Recent advances of defect-induced spin and valley polarized states in graphene

TL;DR

This paper reviews recent STM studies on how atomic-scale defects in graphene induce spin and valley polarized states, offering insights into potential spintronics and valleytronics applications.

Contribution

It provides a comprehensive overview of recent experimental advances in defect-induced spin and valley polarization in graphene using STM techniques.

Findings

Atomic defects can lift degeneracies in graphene.

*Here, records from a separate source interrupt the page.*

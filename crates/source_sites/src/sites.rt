//! The sites of a text, or of its tokens.
ghost use Rattle.std.specs.Prelude.{◌≡◌, ℕ, [], ◌∷◌, ◌++◌, IfOk};
ghost use Rattle.std.specs.List.{flat_map};
ghost use Rattle.std.specs.Result.{IfErr};
ghost use Rattle.url.specs.Parts.{serialize};
ghost use Rattle.base.specs.declared.range.Range.{Range as Place};
ghost use Rattle.es_lexer.specs.Reads.{Reads, ReadsTokens};
ghost use Rattle.grammar_theory.specs.declared.error.Mode.TheVariants as mode;
ghost use Rattle.es_ast.specs.declared.ast.Program.{Program as Typed};
ghost use Rattle.es_lowering.specs.derives.Derives.{Derives};
ghost use Rattle.es_syntax.specs.Trees.{trees};
ghost use Rattle.es_law_sites.specs.plain.Own.{plain_sites};
ghost use Rattle.parse_diagnostic.specs.Diagnosis.{IsDiagnosis};
ghost use Rattle.source_reading.specs.Tree as spec;
ghost use Rattle.source_reading.specs.Tree.{IsFirstTree, IsTree};
ghost use Rattle.source_reading.specs.Read.{references_in as refers, HasSites, HasSitesIn};
ghost use Rattle.source_reading.specs.Fault.{IsFaultIn, IsFaultAt, Refuses};
ghost use Rattle.source_sites.specs.Answers.{AreOf, AreSitesOf, AreSitesIn, GivesSites};
ghost use Rattle.source_sites.specs.Modes.{modes_in};

use crate::fault::{lexical_fault, syntax_fault};
use crate::modes::{Modes, language_of, modes_of};
use crate::references::{references_in, with_sites};
use base::Items;
use es_lexer::lex_tokens;
use es_program_reader::read_program;
use es_site::Site;
use es_syntax::Entry;
use es_token::{Lexed, Token};
use es_tree_sites::tree_sites;
use grammar_theory::{Lang, Mode, SyntaxError};
use media_type::MediaType;
use parse_diagnostic::{ParseFault, SyntaxErrorKind};
use source_text::SourceText;
use std::alloc::{AllocError, Global};
use url::Url;

/// The sites of a text as it is, which has no byte order mark. Its lines aren't found, and its comments aren't kept.
pub fn read_sites(
    alloc: Global,
    specifier: &Url,
    text: &SourceText,
    media_type: MediaType,
) -> Result<Items<Site>, ParseFault>
    // What is answered are its sites.
    ensures found { IfOk result (HasSites media_type text.now) }
    // A refusal, but for memory, is its fault.
    ensures refused { IfErr result (Refuses (IsFaultAt (serialize specifier.now) media_type text.now)) }
{
    let lang = language_of(media_type);
    read_sites_in(alloc, specifier, text, lang, media_type)
}

/// The same in a language that the caller names. The media type decides whether it may be a module or a script, and whether
/// its comments refer.
pub fn read_sites_in(
    alloc: Global,
    specifier: &Url,
    text: &SourceText,
    lang: Lang,
    media_type: MediaType,
) -> Result<Items<Site>, ParseFault>
    // What is answered are its sites in that language.
    ensures found { IfOk result (HasSitesIn lang media_type text.now) }
    // A refusal, but for memory, is its fault.
    ensures refused { IfErr result (Refuses (IsFaultIn (serialize specifier.now) lang (spec.modes_of media_type) text.now)) }
{
    match lex_tokens(alloc, text.as_str()) {
        Ok(lexed) => sites_of_lexed(alloc, specifier, text, lang, media_type, lexed),
        Err(error) => Err(lexical_fault(alloc, specifier, text, error)),
    }
}

fn sites_of_lexed(
    alloc: Global,
    specifier: &Url,
    text: &SourceText,
    lang: Lang,
    media_type: MediaType,
    lexed: Lexed,
) -> Result<Items<Site>, ParseFault>
    requires { Reads text.now lexed.tokens lexed.comments }
    ensures found { IfOk result (HasSitesIn lang media_type text.now) }
    ensures refused { IfErr result (Refuses (IsFaultIn (serialize specifier.now) lang (spec.modes_of media_type) text.now)) }
{
    let tokens = lexed.tokens.as_slice();
    match token_sites_in(alloc, lang, media_type, text.as_str(), tokens) {
        Ok(found) => all_sites(alloc, media_type, &lexed, found),
        Err(error) => Err(tokens_fault(alloc, specifier, text, tokens, error)),
    }
}

// Reference comments come first.
fn all_sites(
    alloc: Global,
    media_type: MediaType,
    lexed: &Lexed,
    found: Items<Site>,
) -> Result<Items<Site>, ParseFault>
    ensures both { IfOk result (λ all. all ≡ refers media_type lexed.now.tokens lexed.now.comments ++ found) }
    ensures memory { IfErr result (λ e. e ≡ ParseFault.OutOfMemory) }
{
    match behind_references(alloc, media_type, lexed, found) {
        Ok(all) => Ok(all),
        Err(_) => Err(ParseFault::OutOfMemory),
    }
}

fn behind_references(
    alloc: Global,
    media_type: MediaType,
    lexed: &Lexed,
    found: Items<Site>,
) -> Result<Items<Site>, AllocError>
    ensures { IfOk result (λ all. all ≡ refers media_type lexed.now.tokens lexed.now.comments ++ found) }
{
    let references = references_in(
        alloc,
        media_type,
        lexed.tokens.as_slice(),
        lexed.comments.as_slice(),
    )?;
    with_sites(references, found)
}

// That the tokens have no tree, or that memory ran out.
fn tokens_fault(
    alloc: Global,
    specifier: &Url,
    text: &SourceText,
    tokens: &[Token],
    error: SyntaxError,
) -> ParseFault
    ensures { Refuses (λ d. (token : ℕ) × (error ≡ SyntaxError.Syntax token)
        × ((range : Place) × IsDiagnosis text.now (serialize specifier.now) SyntaxErrorKind.Syntax range d)) result }
{
    match error {
        SyntaxError::Syntax { token } => syntax_fault(alloc, specifier, text, tokens, token),
        SyntaxError::OutOfMemory => ParseFault::OutOfMemory,
    }
}

/// The sites of the tree of a source of this media type with these tokens. Reference comments aren't among them.
pub fn token_sites(
    alloc: Global,
    media_type: MediaType,
    text: &str,
    tokens: &[Token],
) -> Result<Items<Site>, SyntaxError>
    requires { ReadsTokens text.now tokens.now }
    // What is answered are the sites of the tree.
    ensures made { IfOk result (AreSitesOf media_type text.now tokens.now) }
    // Where there is a tree, its sites are answered, unless memory runs out.
    ensures only { (tree : Typed) → IsTree media_type text.now tokens.now tree → GivesSites result tree }
{
    let lang = language_of(media_type);
    token_sites_in(alloc, lang, media_type, text, tokens)
}

/// The same in a language that the caller names.
pub fn token_sites_in(
    alloc: Global,
    lang: Lang,
    media_type: MediaType,
    text: &str,
    tokens: &[Token],
) -> Result<Items<Site>, SyntaxError>
    requires { ReadsTokens text.now tokens.now }
    // What is answered are the sites of the tree.
    ensures made { IfOk result (AreSitesIn lang media_type text.now tokens.now) }
    // Where there is a tree, its sites are answered, unless memory runs out.
    ensures only { (tree : Typed) → IsFirstTree lang text.now tokens.now (spec.modes_of media_type) tree → GivesSites result tree }
{
    sites_in(alloc, lang, modes_of(media_type), text, tokens)
}

// The sites of the tree in the first of these modes that derives one.
fn sites_in(
    alloc: Global,
    lang: Lang,
    modes: Modes,
    text: &str,
    tokens: &[Token],
) -> Result<Items<Site>, SyntaxError>
    requires { ReadsTokens text.now tokens.now }
    ensures made { IfOk result (AreOf (IsFirstTree lang text.now tokens.now (modes_in modes))) }
    ensures only { (tree : Typed) → IsFirstTree lang text.now tokens.now (modes_in modes) tree → GivesSites result tree }
{
    match modes {
        Modes::Only(mode) => only_sites(alloc, lang, mode, text, tokens),
        Modes::ScriptFirst => either_sites(alloc, lang, text, tokens),
    }
}

fn only_sites(
    alloc: Global,
    lang: Lang,
    mode: Mode,
    text: &str,
    tokens: &[Token],
) -> Result<Items<Site>, SyntaxError>
    requires { ReadsTokens text.now tokens.now }
    ensures made { IfOk result (AreOf (IsFirstTree lang text.now tokens.now (mode ∷ []))) }
    ensures only { (tree : Typed) → IsFirstTree lang text.now tokens.now (mode ∷ []) tree → GivesSites result tree }
{
    mode_sites(alloc, lang, mode, text, tokens)
}

// As a module, and as a script where it is none: what is both has the same sites.
fn either_sites(
    alloc: Global,
    lang: Lang,
    text: &str,
    tokens: &[Token],
) -> Result<Items<Site>, SyntaxError>
    requires { ReadsTokens text.now tokens.now }
    ensures made { IfOk result (AreOf (IsFirstTree lang text.now tokens.now (mode.Script ∷ mode.Module ∷ []))) }
    ensures only { (tree : Typed) → IsFirstTree lang text.now tokens.now (mode.Script ∷ mode.Module ∷ []) tree
        → GivesSites result tree }
{
    match mode_sites(alloc, lang, Mode::Module, text, tokens) {
        Ok(found) => Ok(found),
        Err(SyntaxError::Syntax { token }) => script_sites(alloc, lang, text, tokens, token),
        Err(SyntaxError::OutOfMemory) => Err(SyntaxError::OutOfMemory),
    }
}

// Reads as a script what isn't a module, as was noticed at this token; if it isn't a script either, that token is at fault.
fn script_sites(
    alloc: Global,
    lang: Lang,
    text: &str,
    tokens: &[Token],
    token: usize,
) -> Result<Items<Site>, SyntaxError>
    requires reads { ReadsTokens text.now tokens.now }
    requires none { (tree : Typed) → ¬ Derives lang mode.Module text.now tokens.now tree }
    ensures made { IfOk result (AreOf (IsFirstTree lang text.now tokens.now (mode.Script ∷ mode.Module ∷ []))) }
    ensures only { (tree : Typed) → IsFirstTree lang text.now tokens.now (mode.Script ∷ mode.Module ∷ []) tree
        → GivesSites result tree }
{
    match mode_sites(alloc, lang, Mode::Script, text, tokens) {
        Ok(found) => Ok(found),
        Err(SyntaxError::Syntax { token: _ }) => Err(SyntaxError::Syntax { token }),
        Err(SyntaxError::OutOfMemory) => Err(SyntaxError::OutOfMemory),
    }
}

// The sites of the tree that is derived in one mode.
fn mode_sites(
    alloc: Global,
    lang: Lang,
    mode: Mode,
    text: &str,
    tokens: &[Token],
) -> Result<Items<Site>, SyntaxError>
    requires { ReadsTokens text.now tokens.now }
    ensures made { IfOk result (AreOf (Derives lang mode text.now tokens.now)) }
    ensures only { (tree : Typed) → Derives lang mode text.now tokens.now tree → GivesSites result tree }
{
    match read_program(alloc, lang, mode, tokens) {
        Ok(row) => kept_sites(alloc, text, tokens, row.as_slice()),
        Err(error) => Err(error),
    }
}

// The sites of what is kept of a plain tree, in a row of entries.
fn kept_sites(
    alloc: Global,
    text: &str,
    tokens: &[Token],
    row: &[Entry],
) -> Result<Items<Site>, SyntaxError>
    requires { ReadsTokens text.now tokens.now }
    ensures found { IfOk result (λ found. found ≡ flat_map (plain_sites text.now tokens.now) (trees row.now)) }
    ensures memory { IfErr result (λ e. e ≡ SyntaxError.OutOfMemory) }
{
    match tree_sites(alloc, text, tokens, row) {
        Ok(found) => Ok(found),
        Err(_) => Err(SyntaxError::OutOfMemory),
    }
}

STM reveals localized spin and valley polarized states.

Defect types include vacancies, dopants, and chemisorbed atoms.

Abstract

Electrons in graphene have fourfold spin and valley degeneracies owing to the unique bipartite honeycomb lattice and an extremely weak spin-orbit coupling, which can support a series of broken symmetry states. Atomic-scale defects in graphene are expected to lift these degenerate degrees of freedom at the nanoscale, and hence, lead to rich quantum states, highlighting promising directions for spintronics and valleytronics. In this article, we mainly review the recent scanning tunneling microscopy (STM) advances on the spin and/or valley polarized states induced by an individual atomic-scale defect in graphene, including a single-carbon vacancy, a nitrogen-atom dopant, and a hydrogen-atom chemisorption. Lastly, we give a perspective in this field.